— EXERCISE DETAILS —
Below is a listing. Set down exactly the lines from the one containing "pub use dated::DatedTable;" through the one containing "use std::test::Fail;", both ends included, and leave out the rest.

— SOURCE RECORDS —

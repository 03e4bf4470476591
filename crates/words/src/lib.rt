// Sets of members as 64-bit words, member k at place k, and loops over their places in rising number.
#![tactic(auto)]

mod places;
mod word;

pub use places::Places;
pub use word::{both, except, first, has, put, with, without};
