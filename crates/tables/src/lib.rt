// Mortality tables: rows by age, dated by a base year and a valuation year, and the odds of an age
// at valuation with their yearly change.
#![tactic(auto)]

mod dated;
mod falls;
mod row;
mod table;
mod worked;
mod years;

pub use dated::DatedTable;
pub use row::{MOST_ODDS, Rates, Row};
pub use table::{AGES, Table};
pub use worked::{Worked, worked_values};
pub use years::Years;

#[cfg(test)]
mod tests {
    use super::*;
    use refusals::Refusal;
    use std::test::Fail;

    fn row(odds: u32, fall: u32) -> Row {
        Row { odds, fall }
    }

    #[test]
    fn years_at_the_edges(rt: HostRuntime) {
        assert!(rt; Years::new(1900, 1900).is_ok());
        assert!(rt; Years::new(2200, 2300).is_ok());
        assert!(rt; Years::new(1900, 2000).is_ok());
        assert!(rt; Years::new(1899, 1950).is_err());
        assert!(rt; Years::new(2201, 2201).is_err());
        assert!(rt; Years::new(2020, 2019).is_err());
        assert!(rt; Years::new(2020, 2121).is_err());
    }

    #[test]
    fn rows_at_the_edges(rt: HostRuntime) -> Result<(), Fail> {
        let mut table = Table::new();
        table.set_row(0, row(1, 0))?;
        table.set_row(120, row(999_999, 100_000))?;
        assert_eq!(rt; table.set_row(121, row(1, 0)), Err(Refusal::RowNumber));
        assert_eq!(rt; table.set_row(7, row(0, 0)), Err(Refusal::RowNumber));
        assert_eq!(rt;
            table.set_row(7, row(1_000_000, 0)),
            Err(Refusal::RowNumber)
        );
        assert_eq!(rt; table.set_row(7, row(1, 100_001)), Err(Refusal::RowNumber));
        assert_eq!(rt; table.row(0), Some(row(1, 0)));
        assert_eq!(rt; table.row(120), Some(row(999_999, 100_000)));
        assert_eq!(rt; table.row(7), None);
        assert_eq!(rt; table.row(121), None);
        Ok(())
    }

    #[test]
    fn later_row_replaces(rt: HostRuntime) -> Result<(), Fail> {
        let mut table = Table::new().date(Years::new(2020, 2021)?);
        table.set_row(65, row(12_000, 10_000))?;
        assert_eq!(rt;
            table.rates(65),
            Ok(Rates {
                odds: 11_880,
                change: -119,
            })
        );
        table.set_row(65, row(5, 100_000))?;
        assert_eq!(rt; table.rates(65), Ok(Rates { odds: 4, change: 0 }));
        assert_eq!(rt; table.set_row(65, row(0, 0)), Err(Refusal::RowNumber));
        assert_eq!(rt; table.rates(65), Ok(Rates { odds: 4, change: 0 }));
        assert_eq!(rt; table.rates(66), Err(Refusal::AgeWithoutRow));
        Ok(())
    }

    #[test]
    fn later_dating_replaces(rt: HostRuntime) -> Result<(), Fail> {
        let mut table = Table::new();
        table.set_row(65, row(12_000, 10_000))?;
        let dated = table.date(Years::new(2020, 2020)?);
        assert_eq!(rt;
            dated.rates(65),
            Ok(Rates {
                odds: 12_000,
                change: -120,
            })
        );
        let again = dated.date(Years::new(1950, 1952)?);
        assert_eq!(rt; again.years().base(), 1950);
        assert_eq!(rt;
            again.rates(65),
            Ok(Rates {
                odds: 11_761,
                change: -118,
            })
        );
        assert_eq!(rt; again.undate().row(65), Some(row(12_000, 10_000)));
        Ok(())
    }

    #[test]
    fn worked_values_through_a_table(rt: HostRuntime) -> Result<(), Fail> {
        for worked in worked_values() {
            let mut table = Table::new();
            table.set_row(65, worked.row)?;
            let valuation = 2000u16.checked_add(worked.years).ok_or("too many years")?;
            let dated = table.date(Years::new(2000, valuation)?);
            assert_eq!(rt; dated.rates(65)?.odds, worked.odds);
        }
        Ok(())
    }
}
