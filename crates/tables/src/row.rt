ghost use Rattle.std.specs.Prelude.{◌≡◌};
ghost use Rattle.tables.specs.Rows.{row_fits};

// The greatest odds of dying within a year, in millionths.
pub const MOST_ODDS: u32 = 999_999;

const MOST_FALL: u32 = 100_000;

// What a table says of one age: the odds of dying within a year, in millionths, in the table's base
// year, and the fall of these odds from year to year, in millionths of them.
// These are plain numbers; a table refuses those that are out of range.
#[derive(Clone, Copy, PartialEq, Eq, Debug)]
pub struct Row {
    pub odds: u32,
    pub fall: u32,
}

impl Row {
    // Whether the numbers are in range.
    pub(crate) fn is_in_range(self) -> bool
        ensures { result ≡ row_fits self }
    {
        (1..=MOST_ODDS).contains(&self.odds) && self.fall <= MOST_FALL
    }
}

// What a dated table says of one age: the odds at valuation, in millionths, and what they change by
// in the year after.
#[derive(Clone, Copy, PartialEq, Eq, Debug)]
pub struct Rates {
    pub odds: u32,
    pub change: i32,
}
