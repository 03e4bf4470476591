ghost use Rattle.std.specs.Prelude.{◌≡◌, ◌-◌, ◌≤◌, true, false, MatchResult};
ghost use Rattle.refusals.specs.declared.Refusal.TheVariants.{Year};
ghost use Rattle.tables.specs.Ranges.{years_fit};

use refusals::Refusal;

const FIRST_BASE: u16 = 1900;

const LAST_BASE: u16 = 2200;

const LONGEST: u16 = 100;

// A base year and a valuation year that were tried: whoever holds one can date a table by it.
// There is no other way to make one, and no default.
#[derive(Clone, Copy, PartialEq, Eq, Debug)]
pub struct Years {
    base: u16,
    valuation: u16,
    ghost tried: { years_fit base valuation ≡ true },
}

impl Years {
    // Tries a base year (1900 to 2200) and a valuation year (from the base to 100 years later).
    pub fn new(base: u16, valuation: u16) -> Result<Years, Refusal>
        ensures { MatchResult result (λ y. (years_fit base valuation ≡ true) × (y.base ≡ base) × (y.valuation ≡ valuation)) (λ e. (years_fit base valuation ≡ false) × (e ≡ Year)) }
    {
        if !(FIRST_BASE..=LAST_BASE).contains(&base)
            || !(base..=base + LONGEST).contains(&valuation)
        {
            return Err(Refusal::Year);
        }
        Ok(Years { base, valuation })
    }

    // The year in which the table's odds hold as they stand in its rows.
    pub fn base(&self) -> u16
        ensures { result ≡ self.now.base }
    {
        self.base
    }

    // The year for which the odds are asked.
    pub fn valuation(&self) -> u16
        ensures { result ≡ self.now.valuation }
    {
        self.valuation
    }

    // The years between the two.
    pub(crate) fn distance(&self) -> u16
        ensures { result ≡ self.now.valuation - self.now.base }
    {
        // read first, so that both are known to be in the range of their type
        let (base, valuation) = (self.base, self.valuation);
        valuation - base
    }
}
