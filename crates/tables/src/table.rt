ghost use Rattle.std.specs.Prelude.{◌≡◌, ◌≤◌, true, length};
ghost use Rattle.refusals.specs.Judged.{judged, left};
ghost use Rattle.tables.specs.Rows.{no_rows, row_at, with_row, rows_fit, row_refusal};

use crate::dated::DatedTable;
use crate::row::Row;
use crate::years::Years;
use refusals::Refusal;

// How many ages there are: 0 to 120.
pub const AGES: usize = 121;

// A mortality table without a date: a row, or none, for each of the ages 0 to 120, in fixed memory. Its odds
// hold in a year that nobody has said yet, so that no odds at valuation can be asked of it.
#[derive(Drop)]
pub struct Table {
    rows: [Option<Row>; AGES],
    ghost size: { length rows ≡ 121 },
    ghost fit: { rows_fit rows ≡ true },
}

impl Table {
    // A table without rows.
    pub fn new() -> Table
        ensures { result.rows ≡ no_rows }
    {
        Table { rows: [None; AGES] }
    }

    // Puts the row of an age, in the place of an earlier one; refused where a number is out of range.
    pub fn set_row(&mut self, age: usize, row: Row) -> Result<(), Refusal>
        ensures answer { result ≡ judged (row_refusal age row) tt }
        ensures after { self.new.rows ≡ left (row_refusal age row) self.old.rows (with_row self.old.rows age row) }
    {
        if age >= AGES || !row.is_in_range() {
            return Err(Refusal::RowNumber);
        }
        self.rows[age] = Some(row);
        Ok(())
    }

    // The row of an age, or nothing.
    pub fn row(&self, age: usize) -> Option<Row>
        ensures { result ≡ row_at self.now.rows age }
    {
        self.rows.get(age).copied().flatten()
    }

    // The table dated by years that were tried.
    pub fn date(self, years: Years) -> DatedTable
        ensures { (result.table ≡ self) × (result.years ≡ years) }
    {
        DatedTable { table: self, years }
    }
}
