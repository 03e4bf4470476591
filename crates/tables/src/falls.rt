ghost use Rattle.std.specs.Prelude.{◌≡◌, true};
ghost use Rattle.tables.specs.Ranges.{odds_fit, fall_fits};
ghost use Rattle.tables.specs.Rows.{row_fits};
ghost use Rattle.tables.specs.Falls.{fall_of, odds_left, odds_after};
ghost use Rattle.tables.specs.Valuation.{rates_after, Valued};

use crate::row::{Rates, Row};

const MILLION: u64 = 1_000_000;

// Odds in range, with the millionths of them by which they fall in a year.
#[derive(Clone, Copy)]
struct Falling {
    odds: u32,
    fall: u32,
    ghost odds_in_range: { odds_fit odds ≡ true },
    ghost fall_in_range: { fall_fits fall ≡ true },
}

impl Falling {
    // The fall of one year.
    fn yearly(self) -> u32
        ensures { result ≡ fall_of self.fall self.odds }
    {
        let product = u64::from(self.odds) * u64::from(self.fall);
        // `as` loses no bit, which is proved; `try_from` would be no plainer, since it answers a `Result` to take apart.
        ((product + MILLION / 2) / MILLION) as u32
    }

    // The odds left after one year more.
    #[tactic(auto, using(crate::proofs::Falling::fall_within, crate::proofs::Falling::left_fits))]
    fn next(self) -> Falling
        ensures odds { result.odds ≡ odds_left self.fall self.odds }
        ensures fall { result.fall ≡ self.fall }
    {
        Falling {
            odds: self.odds - self.yearly(),
            fall: self.fall,
        }
    }

    // The odds left after so many years.
    fn after(self, years: u16) -> Falling
        ensures odds { result.odds ≡ odds_after self.fall years self.odds }
        ensures fall { result.fall ≡ self.fall }
    {
        // Nothing is counted or gathered: the same step is taken again, and a fold is no plainer.
        let mut falling = self;
        for _year in 0..years {
            falling = falling.next();
        }
        falling
    }

    // The odds after so many years, and as their change the fall of the year that comes.
    #[tactic(auto, using(crate::proofs::Falling::fall_within, crate::proofs::Falling::odds_high))]
    fn rates(self, years: u16) -> Rates
        ensures { result ≡ rates_after years (record { odds = self.odds; fall = self.fall }) }
    {
        let left = self.after(years);
        Rates {
            odds: left.odds,
            change: -left.yearly().cast_signed(),
        }
    }
}

impl Row {
    // The rates of a row in range after so many years.
    pub(crate) fn rates_after(self, years: u16) -> Rates
        requires { row_fits self ≡ true }
        ensures value { result ≡ rates_after years self }
        ensures meaning { Valued self years result }
    {
        let Row { odds, fall } = self;
        Falling { odds, fall }.rates(years)
    }
}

— OUTPUT BELOW —
pub use dated::DatedTable;
pub use row::{MOST_ODDS, Rates, Row};
pub use table::{AGES, Table};
pub use worked::{Worked, worked_values};
pub use years::Years;

#[cfg(test)]
mod tests {
    use super::*;
    use refusals::Refusal;
    use std::test::Fail;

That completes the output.